Assignment: Each of the entries should be output exactly, with nothing left out.

^^^^^^^^

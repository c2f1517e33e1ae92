//! Symbolic paths of the worked logs, with what the runs of their schedules hear.

ghost use Rattle.std.specs.Prelude.{◌<◌, length, IfOk};
ghost use Rattle.odr_log.specs.Grammar.{IsValid};
ghost use Rattle.trace_path.specs.Traced.{IsTraced};

use crate::terms::{Values, evaluate};
use bumpalo::Bump;
use bv_rewrite::rewrite::NoRules;
use bv_terms::node::{Node, TermId};
use bv_terms::pool::TermPool;
use guest_runs::changes::change;
use guest_runs::guests::{Change, Guest, guests};
use guest_runs::loaded::{Loaded, load};
use guest_runs::logged::Logged;
use guest_runs::no_run::NoRun;
use guest_runs::walks::holds;
use happens_before::order::Order;
use odr_list::list::List;
use path_exec::Paths;
use plain_walk::given::Supplied;
use std::alloc::Global;
use std::test::Fail;

/// Symbolic paths, and a term behind all of theirs.
#[derive(Drop)]
pub struct Followed {
    pub paths: Paths,
    pub last: TermId,
}

/// The symbolic paths of a guest's log.
pub fn paths_of(alloc: Global, pool: &mut TermPool<'_>, logged: &Logged) -> Result<Followed, NoRun>
    requires valid { IsValid logged.now.log }
    requires traced { IsTraced logged.now.image logged.now.log logged.now.traces }
    ensures { IfOk result (λ followed. followed.last.number < length pool.new) }
{
    let Some(_order) = Order::new(alloc, &logged.log)? else {
        return Err(NoRun::Log);
    };
    let paths = Paths::run(
        alloc,
        pool,
        &NoRules,
        &logged.image,
        &logged.traces,
        &logged.log,
    )?;
    let last = pool.add(Node::Var {
        width: 2,
        number: 0,
    })?;
    Ok(Followed { paths, last })
}

/// Whether each constraint comes to 1.
pub fn are_met(values: &Values, constraints: &[TermId]) -> bool {
    constraints.iter().all(|id| values.of(*id) == Some(1))
}

/// Whether the constraints are met where steps are given this, none where a variable is of no step.
pub fn is_met(
    alloc: Global,
    pool: &TermPool<'_>,
    followed: &Followed,
    rows: &[List<Supplied>],
) -> Result<Option<bool>, NoRun>
    requires { followed.now.last.number < length pool.now }
{
    let Some(values) = evaluate(alloc, pool, followed.last, rows)? else {
        return Ok(None);
    };
    Ok(Some(are_met(&values, followed.paths.constraints.as_slice())))
}

/// With a change the constraints are met exactly where the walk holds.
fn follows_change(
    alloc: Global,
    loaded: &Loaded,
    pool: &TermPool<'_>,
    followed: &Followed,
    tried: Change,
) -> Result<bool, NoRun>
    requires { followed.now.last.number < length pool.now }
{
    let (thread, step, part, _held) = tried;
    let rows = change(alloc, loaded.ran.rows.as_slice(), (thread, step, part))?;
    let held = holds(alloc, loaded, rows.as_slice(), loaded.ran.steps.as_slice())?;
    Ok(is_met(alloc, pool, followed, rows.as_slice())? == held)
}

/// The number of the first change with which constraints and walk differ.
fn missed_change(
    alloc: Global,
    loaded: &Loaded,
    pool: &TermPool<'_>,
    followed: &Followed,
    changes: &[Change],
) -> Result<Option<usize>, NoRun>
    requires { followed.now.last.number < length pool.now }
{
    for (number, change) in changes.iter().enumerate() {
        if !follows_change(alloc, loaded, pool, followed, *change)? {
            return Ok(Some(number));
        }
    }
    Ok(None)
}

/// What of a guest is not as told.
#[derive(Clone, Copy, Debug, PartialEq, Eq)]
enum Missed {
    Nothing,
    Run,
    Change(usize),
}

/// A guest's run meets the constraints, and so does what is changed of it where the walk holds, and only there.
fn first_missed(alloc: Global, guest: &Guest) -> Result<Missed, NoRun> {
    let loaded = load(alloc, guest)?;
    let arena = Bump::new(alloc);
    let mut pool = TermPool::new(alloc, &arena);
    let followed = paths_of(alloc, &mut pool, &loaded.logged)?;
    if is_met(alloc, &pool, &followed, loaded.ran.rows.as_slice())? != Some(true) {
        return Ok(Missed::Run);
    }
    match missed_change(alloc, &loaded, &pool, &followed, guest.changes)? {
        Some(number) => Ok(Missed::Change(number)),
        None => Ok(Missed::Nothing),
    }
}

#[test]
fn constraints_are_met_where_the_walk_holds(rt: HostRuntime) -> Result<(), Fail> {
    for (number, guest) in guests().iter().enumerate() {
        let missed = first_missed(rt.alloc(), guest)?;
        assert_eq!(rt; missed, Missed::Nothing, "guest {number}");
    }
    Ok(())
}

^^^^^^^^

Solution below:
repository c2f1517e33e1ae92
//! Symbolic paths of the worked logs, with what the runs of their schedules hear.

ghost use Rattle.std.specs.Prelude.{◌<◌, length, IfOk};
ghost use Rattle.odr_log.specs.Grammar.{IsValid};
ghost use Rattle.trace_path.specs.Traced.{IsTraced};

use crate::terms::{Values, evaluate};
use bumpalo::Bump;
use bv_rewrite::rewrite::NoRules;
use bv_terms::node::{Node, TermId};
use bv_terms::pool::TermPool;
use guest_runs::changes::change;
use guest_runs::guests::{Change, Guest, guests};
use guest_runs::loaded::{Loaded, load};
use guest_runs::logged::Logged;
use guest_runs::no_run::NoRun;
use guest_runs::walks::holds;
use happens_before::order::Order;
use odr_list::list::List;
use path_exec::Paths;
use plain_walk::given::Supplied;
use std::alloc::Global;
use std::test::Fail;

/// Symbolic paths, and a term behind all of theirs.
#[derive(Drop)]
pub struct Followed {
    pub paths: Paths,
    pub last: TermId,
}

/// The symbolic paths of a guest's log.
pub fn paths_of(alloc: Global, pool: &mut TermPool<'_>, logged: &Logged) -> Result<Followed, NoRun>
    requires valid { IsValid logged.now.log }
    requires traced { IsTraced logged.now.image logged.now.log logged.now.traces }
    ensures { IfOk result (λ followed. followed.last.number < length pool.new) }
{
    let Some(_order) = Order::new(alloc, &logged.log)? else {
        return Err(NoRun::Log);
    };
    let paths = Paths::run(
        alloc,
        pool,
        &NoRules,
        &logged.image,
        &logged.traces,
        &logged.log,
    )?;
    let last = pool.add(Node::Var {
        width: 2,
        number: 0,
    })?;
    Ok(Followed { paths, last })
}

/// Whether each constraint comes to 1.
pub fn are_met(values: &Values, constraints: &[TermId]) -> bool {
    constraints.iter().all(|id| values.of(*id) == Some(1))
}

/// Whether the constraints are met where steps are given this, none where a variable is of no step.
pub fn is_met(
    alloc: Global,
    pool: &TermPool<'_>,
    followed: &Followed,
    rows: &[List<Supplied>],
) -> Result<Option<bool>, NoRun>
    requires { followed.now.last.number < length pool.now }
{
    let Some(values) = evaluate(alloc, pool, followed.last, rows)? else {
        return Ok(None);
    };
    Ok(Some(are_met(&values, followed.paths.constraints.as_slice())))
}

/// With a change the constraints are met exactly where the walk holds.
fn follows_change(
    alloc: Global,
    loaded: &Loaded,
    pool: &TermPool<'_>,
    followed: &Followed,
    tried: Change,
) -> Result<bool, NoRun>
    requires { followed.now.last.number < length pool.now }
{
    let (thread, step, part, _held) = tried;
    let rows = change(alloc, loaded.ran.rows.as_slice(), (thread, step, part))?;
    let held = holds(alloc, loaded, rows.as_slice(), loaded.ran.steps.as_slice())?;
    Ok(is_met(alloc, pool, followed, rows.as_slice())? == held)
}

/// The number of the first change with which constraints and walk differ.
fn missed_change(
    alloc: Global,
    loaded: &Loaded,
    pool: &TermPool<'_>,
    followed: &Followed,
    changes: &[Change],
) -> Result<Option<usize>, NoRun>
    requires { followed.now.last.number < length pool.now }
{
    for (number, change) in changes.iter().enumerate() {
        if !follows_change(alloc, loaded, pool, followed, *change)? {
            return Ok(Some(number));
        }
    }
    Ok(None)
}

/// What of a guest is not as told.
#[derive(Clone, Copy, Debug, PartialEq, Eq)]
enum Missed {
    Nothing,
    Run,
    Change(usize),
}

/// A guest's run meets the constraints, and so does what is changed of it where the walk holds, and only there.
fn first_missed(alloc: Global, guest: &Guest) -> Result<Missed, NoRun> {
    let loaded = load(alloc, guest)?;
    let arena = Bump::new(alloc);
    let mut pool = TermPool::new(alloc, &arena);
    let followed = paths_of(alloc, &mut pool, &loaded.logged)?;
    if is_met(alloc, &pool, &followed, loaded.ran.rows.as_slice())? != Some(true) {
        return Ok(Missed::Run);
    }
    match missed_change(alloc, &loaded, &pool, &followed, guest.changes)? {
        Some(number) => Ok(Missed::Change(number)),
        None => Ok(Missed::Nothing),
    }
}

#[test]
fn constraints_are_met_where_the_walk_holds(rt: HostRuntime) -> Result<(), Fail> {
    for (number, guest) in guests().iter().enumerate() {
        let missed = first_missed(rt.alloc(), guest)?;
        assert_eq!(rt; missed, Missed::Nothing, "guest {number}");
    }
    Ok(())
}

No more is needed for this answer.